• [PROBLEM]
For this listing, report how many lines contain the string "does", using only a number.

━━━ DATASET RECORDS ━━━

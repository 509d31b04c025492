//! What an application's end promises whoever connects, over any list of packets and of what is heard
//! of the server. Each function does nothing when it runs: its contract is the law.
ghost use Rattle.std.specs.Prelude.{◌≡◌, ◌≤◌, ◌+◌, ◌∷◌, [], ℕ, IfOk, List, None, true, false, Ok, Err};
ghost use Rattle.tds_packet.specs.Layout.{bits_of, has_bit};
ghost use Rattle.tds_front.specs.declared.fault.FrontFault.{FrontFault};
ghost use Rattle.tds_front.specs.declared.stage.Head.{Head};
ghost use Rattle.tds_front.specs.declared.stage.Stage.{Stage};
ghost use Rattle.tds_front.specs.declared.stage.Stage.TheVariants as stages;
ghost use Rattle.tds_front.specs.declared.stage.Action.TheVariants as actions;
ghost use Rattle.tds_front.specs.Promises.{Event, count, handed_in, here_in, is_gone, is_passed, is_whole};
ghost use Rattle.tds_front.specs.Promises.{settled_in, taken_in};
ghost use Rattle.tds_front.specs.declared.front.Front.{Front};
ghost use Rattle.tds_front.specs.declared.front.Fed.{Fed};
ghost use Rattle.tds_front.specs.Bytes.{TakesSome, fed, new_front};
ghost use Rattle.tds_front.specs.Passing as passing;
ghost use Rattle.tds_front.specs.Passing.{EndsWhere, EndsWhole, SaysOf, happenings_of, judged, stage_fed, towards};
ghost use Rattle.tds_front.specs.Rules.{taken};
ghost use Rattle.tds_front.specs.Serving.{Broken, Happening, IsLawful, Ready};
ghost use Rattle.tds_front.specs.Exchanges.{IsFront, IsSilent, place_after};

/// An application's end is a lawful server's towards whoever connects, where what is behind it is a
/// lawful server's end towards what goes on.
pub fn lawful_front()
    ensures { (events : List passing.FrontEvent) → EndsWhole stages.Quiet events
        → IsLawful Ready (happenings_of stages.Quiet events)
        → IsLawful Ready (towards None stages.Quiet events) }
{}

/// A call with bytes is what `lawful_front` calls a packet where a packet's header ends with them, and
/// a refusal where it answers one; it says of the packet what is done, and a request's end where it is
/// whole.
pub fn bytes_are_packets()
    ensures stage { (front : Front) (bytes : List ℕ) → (fed front bytes).front.stage
        ≡ stage_fed front.stage (judged front.due bytes) (fed front bytes).brings }
    ensures says { (front : Front) (bytes : List ℕ)
        → SaysOf front.stage (judged front.due bytes) (fed front bytes).brings }
    ensures ends { (front : Front) (bytes : List ℕ)
        → EndsWhere (fed front bytes).front.stage (fed front bytes).brings }
{}

/// Each call with bytes takes one at least, from the first one on.
pub fn takes_some()
    ensures first { (most : ℕ) → TakesSome (new_front most) }
    ensures each { (front : Front) (byte : ℕ) (bytes : List ℕ) → TakesSome front
        → TakesSome (fed front (byte ∷ bytes)).front × IfOk (fed front (byte ∷ bytes)).brings
        (λ (taken : Fed). 1 ≤ taken.count) }
    ensures none { (front : Front) → TakesSome front → TakesSome (fed front []).front }
{}

/// What is lawful is exchanges, one behind the other, of which the last may go on: up to a fault, and no
/// packet of an exchange is one. Behind a fault nothing goes to the client.
pub fn exchanges()
    ensures each { (happenings : List Happening) → IsFront happenings → IsLawful Ready happenings }
    ensures only { (happenings : List Happening) → IsLawful Ready happenings
        → (place_after Ready happenings ≡ Broken → ⊥) → IsFront happenings }
    ensures no_fault { (happenings : List Happening) → IsFront happenings
        → place_after Ready happenings ≡ Broken → ⊥ }
    ensures silent { (happenings : List Happening)
        → IsLawful Broken happenings → IsSilent happenings }
{}

/// Each attention that is taken has one acknowledgement: the relay's, or the server's, which is handed
/// it. And of those that were handed on no second one is before the first one's acknowledgement.
pub fn one_acknowledgement()
    ensures one { (stage : Stage) (events : List Event)
        → count taken_in stage events ≡ count here_in stage events + count handed_in stage events }
    ensures settled { (events : List Event) → count settled_in stages.Quiet events
        ≤ count handed_in stages.Quiet events }
    ensures at_once { (events : List Event) → count handed_in stages.Quiet events
        ≤ count settled_in stages.Quiet events + 1 }
{}

/// Who has something of the request acknowledges its attention: the relay does so where nothing of it
/// has gone on, and only then.
pub fn whose_acknowledgement()
    ensures here { (stage : Stage) (head : Head)
        → (taken stage head).does ≡ Ok actions.Acknowledge → is_gone stage ≡ false }
    ensures handed_on { (stage : Stage) (head : Head)
        → (taken stage head).does ≡ Ok actions.HandOn → is_gone stage ≡ true }
{}

/// Behind a request's end nothing goes on until it is answered, or its attention acknowledged.
pub fn nothing_behind_the_end()
    ensures { (stage : Stage) (head : Head) → is_whole stage ≡ true
        → is_passed (taken stage head).does ≡ false }
{}

/// A packet that says to ignore its message isn't handed on (MS-TDS 2.2.3.1.2).
pub fn ignored_is_not_handed_on()
    ensures { (stage : Stage) (head : Head) → has_bit (bits_of head.status) 2 ≡ true
        → is_passed (taken stage head).does ≡ false }
{}

/// Behind a fault everything is that fault.
pub fn a_fault_stays()
    ensures stage { (fault : FrontFault) (head : Head)
        → (taken (stages.Broken fault) head).stage ≡ stages.Broken fault }
    ensures does { (fault : FrontFault) (head : Head)
        → (taken (stages.Broken fault) head).does ≡ Err fault }
{}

━━━

• [COMPLETED TASK]
8